Data center operators are starting to deploy artificial intelligence and machine learning technology to improve cybersecurity, and few are even building their own security AI systems.
The new technology can help spot suspicious user behaviors and identify zero-day attacks while processing more data at a much faster rate than what humans can do, and many security vendors are already building machine learning into their products.
"I don't think it's hype," said Dinesh Nirmal, VP of analytics development at IBM. "There is definitely a lot of work going on."
Machine learning is particularly good at spotting anomalies in large data sets.
"If you are managing a large data center with hundreds of millions of transactions happening, for a human being to detect at that level is going to be really hard," he said.
This isn't the same as manually turning security alerts.
This is analogous to how credit card companies spot suspicious behavior, he said. A company could set up an alert to automatically flag all purchases that are, say, more than 30 miles away from a customer's home.
But that means if a customer regularly travels to different locations, all those transactions will come up as fraudulent. This is where machine learning comes in, where the system learns about individual customers' behaviors and looks for deviations from those behaviors, doing it for millions of customers at once.
"The same rules are being applied in cybersecurity," Nirmal said.

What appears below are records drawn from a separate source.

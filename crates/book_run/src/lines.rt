// The lines of a script.
use crate::gaps::GapLine;
use crate::operations::Operation;
use crate::tables::TableOperation;
use crate::versions::VersionOperation;
use crate::{table_lines, version_lines};
use script::reader::Reader;

#[derive(Clone, Copy)]
pub(crate) enum Line {
    Remark,
    Buffer {
        length: usize,
        byte: u8,
    },
    Set {
        place: usize,
        byte: u8,
    },
    Copy {
        from: usize,
        count: usize,
        to: usize,
    },
    Entries {
        place: usize,
        first: usize,
        count: usize,
        code: u8,
    },
    Operation(Operation),
    Version(VersionOperation),
    Walk {
        place: usize,
        numbers: usize,
    },
    Gaps(GapLine),
    Move {
        upward: bool,
        room: usize,
        byte: u8,
    },
    Table(TableOperation),
    Unread,
}

pub(crate) fn read(row: &[u8]) -> Line {
    let row = Reader::new(row);
    match row.byte() {
        b'#' => Line::Remark,
        b'b' => buffer(row.after(b"buffer")),
        b's' => set_or_second(row.after(b"se")),
        b'c' => copy_or_check(row.after(b"c")),
        b'n' => whole(row.after(b"new"), Line::Operation(Operation::New)),
        b'r' => record(row.after(b"record")),
        b'a' => append_or_any(row.after(b"a")),
        b'e' => entries(row.after(b"entries")),
        b't' => table_or_to(row.after(b"t")),
        _ => Line::Unread,
    }
}

// By the third letter.
fn set_or_second(row: Reader) -> Line {
    match row.byte() {
        b'c' => version_lines::second(row.after(b"cond ")),
        _ => set(row.after(b"t")),
    }
}

// By the second letter.
fn copy_or_check(row: Reader) -> Line {
    match row.byte() {
        b'o' => copy(row.after(b"opy")),
        _ => whole(row.after(b"heck"), Line::Operation(Operation::Check)),
    }
}

fn append_or_any(row: Reader) -> Line {
    match row.byte() {
        b'n' => version_lines::any(row.after(b"ny ")),
        _ => append(row.after(b"ppend")),
    }
}

fn table_or_to(row: Reader) -> Line {
    match row.byte() {
        b'o' => version_lines::to(row.after(b"o")),
        _ => table_lines::read(row.after(b"able ")),
    }
}

// A line that ends after its parts.
pub(crate) fn whole(row: Reader, line: Line) -> Line {
    if row.ends() { line } else { Line::Unread }
}

// ---- what prepares the buffer

fn buffer(mut row: Reader) -> Line {
    let line = Line::Buffer {
        length: row.place(),
        byte: row.byte8(),
    };
    whole(row, line)
}

fn set(mut row: Reader) -> Line {
    let line = Line::Set {
        place: row.place(),
        byte: row.byte8(),
    };
    whole(row, line)
}

fn copy(mut row: Reader) -> Line {
    let line = Line::Copy {
        from: row.place(),
        count: row.place(),
        to: row.place(),
    };
    whole(row, line)
}

fn entries(mut row: Reader) -> Line {
    let line = Line::Entries {
        place: row.place(),
        first: row.place(),
        count: row.place(),
        code: row.byte8(),
    };
    whole(row, line)
}

// ---- the operations

fn record(mut row: Reader) -> Line {
    let operation = Operation::Record(row.place());
    whole(row, Line::Operation(operation))
}

fn append(mut row: Reader) -> Line {
    let Some(kind) = row.kind() else {
        return Line::Unread;
    };
    let date = row.date();
    whole(row, Line::Operation(Operation::Append { kind, date }))
}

A machine learning platform can learn to differentiate between good software and malware, between legitimate traffic and fraudulent traffic, between normal employee behaviors and suspicious ones, and continue to learn as behavior patterns change over time.
Enterprises can buy off-the-shelf systems for intrusion detection, network security, and access control. But some large companies are building their own systems, which today are still in early stages.

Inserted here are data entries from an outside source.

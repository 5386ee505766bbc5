// The table's operations, told as `script::table_answers` has it.
ghost use Rattle.std.specs.Prelude.{◌≡◌};
ghost use Rattle.script.specs.TableAnswers.{told_as};
ghost use Rattle.book_run.specs.Tables.{answer_of, buffer_of};

use refusals::Refusal;
use script::table_answers;
use script::table_answers::Told;

#[derive(Clone, Copy)]
pub(crate) enum TableOperation {
    New,
    Check,
    Entry(usize),
    Declare { field: u32, code: u32 },
    Remove(u32),
    Lookup { field: u32, game: u32, number: i32 },
}

pub(crate) fn operate(b: &mut [u8], operation: TableOperation) -> Result<Told, Refusal>
    ensures result_value { told_as result ≡ answer_of operation b.old }
    ensures b_after { b.new ≡ buffer_of operation b.old }
{
    match operation {
        TableOperation::New => table_answers::started(field_table::new(b)),
        TableOperation::Check => table_answers::counted(field_table::check(b)),
        TableOperation::Entry(place) => table_answers::found(field_table::entry_at(b, place)),
        TableOperation::Declare { field, code } => table_answers::counted(field_table::declare(
            b, field, code,
        )),
        TableOperation::Remove(field) => table_answers::counted(field_table::remove(b, field)),
        TableOperation::Lookup {
            field,
            game,
            number,
        } => table_answers::looked(field_table::lookup(b, field, game, number)),
    }
}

The next challenge for AI isn't to just classify events based on what has been seen before but to predict what's coming next.
"That is a challenge that still needs to be solved," Nirmal said. "We are nowhere near” having solved it.

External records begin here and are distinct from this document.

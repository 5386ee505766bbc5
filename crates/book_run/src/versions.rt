// The operations of version 2 and of either version, and the moves, told as those of `operations` are.
ghost use Rattle.std.specs.Prelude.{◌≡◌};
ghost use Rattle.book_run.specs.Operations.{told_as};
ghost use Rattle.book_run.specs.Versions.{answer_of, buffer_of, move_of, target_of};

use crate::operations;
use crate::operations::Told;
use book_versions::{any, moves, second};
use kinds::{Kind, Packed};
use refusals::Refusal;

#[derive(Clone, Copy)]
pub(crate) enum VersionOperation {
    New,
    Check,
    Record(usize),
    Append {
        kind: Kind,
        field: u16,
        date: Packed,
    },
    AnyCheck,
    AnyRecord(usize),
}

pub(crate) fn operate(b: &mut [u8], operation: VersionOperation) -> Result<Told, Refusal>
    ensures result_value { told_as result ≡ answer_of operation b.old }
    ensures b_after { b.new ≡ buffer_of operation b.old }
{
    match operation {
        VersionOperation::New => operations::started(second::new(b)),
        VersionOperation::Check => operations::counted(second::check(b)),
        VersionOperation::Record(place) => operations::found(second::record_at(b, place)),
        VersionOperation::Append { kind, field, date } => {
            operations::counted(second::append(b, kind, field, date))
        }
        VersionOperation::AnyCheck => operations::counted(any::check(b)),
        VersionOperation::AnyRecord(place) => {
            operations::found(book_reader::any::next_at(b, place))
        }
    }
}

// Moves a book into a target, up to version 2 or down to version 1.
pub(crate) fn move_book(from: &[u8], to: &mut [u8], upward: bool) -> Result<Told, Refusal>
    ensures result_value { told_as result ≡ move_of upward from.now to.old }
    ensures to_after { to.new ≡ target_of upward from.now to.old }
{
    operations::counted(if upward {
        moves::to_2(from, to)
    } else {
        moves::to_1(from, to)
    })
}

But a lot of people are working on the problem, he added. "I would say, over the next two to five years we will see significant improvement in the security of data centers, if not earlier."
Will AI Replace Human Security Experts?
AI won't make the infosec profession disappear, experts say, but it will make individual security staffers much more powerful
Today, many of them are tied up with time-consuming routine tasks.
"AI can offload the repetitive, tedious work," said Chris Morales, head of security analytics at Vectra Networks.
And, in the short terms at least, there are limits as to what automated systems can do.
"It would not be wise to rely completely on machine learning in any scenario, as there is still too many variables that could go unnoticed without human oversight," said Joe Partlow, CTO at ReliaQuest.
Some people -- even some technology experts -- believe that they can feed all their data into an AI system, and the system would spit out an answer.
That's a mistake, said Madhan Kanagavel, founder and CEO at CodeLathe Technologies, the company behind the FileCloud enteprise file sharing platform.
It takes expertise to figure out where machine learning will do the most good.
"Applying the right model and training data on the right application is critical to get meaningful results," he said.
Filecloud uses machine learning to detect potential ransomware attacks.
"For example, if there is an abnormal spike in the number of files getting encrypted, the system stops synchronization of files and sends an alert to the admin," he said.